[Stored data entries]
//! Rows.

use fib_addr::{Family, Hop, Prefix};

/// A row of a certificate, which proves that no table with the routes' answers has fewer entries.
#[derive(Clone, Copy, Debug, PartialEq, Eq)]
pub enum Row {
    /// All addresses of the prefix get this hop from the routes.
    Leaf(Prefix, Hop),
    /// The prefix's region, put together from its halves, and its k: what it costs under a hop of its set, in entries.
    Join(Prefix, u64),
    /// How many entries a least table of the family has.
    Bound(Family, u64),
}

■ AIM OF THE EXERCISE: In the entries above, tally the lines that include the string "from". Give the figure only.

■ RESPONSE AREA: 2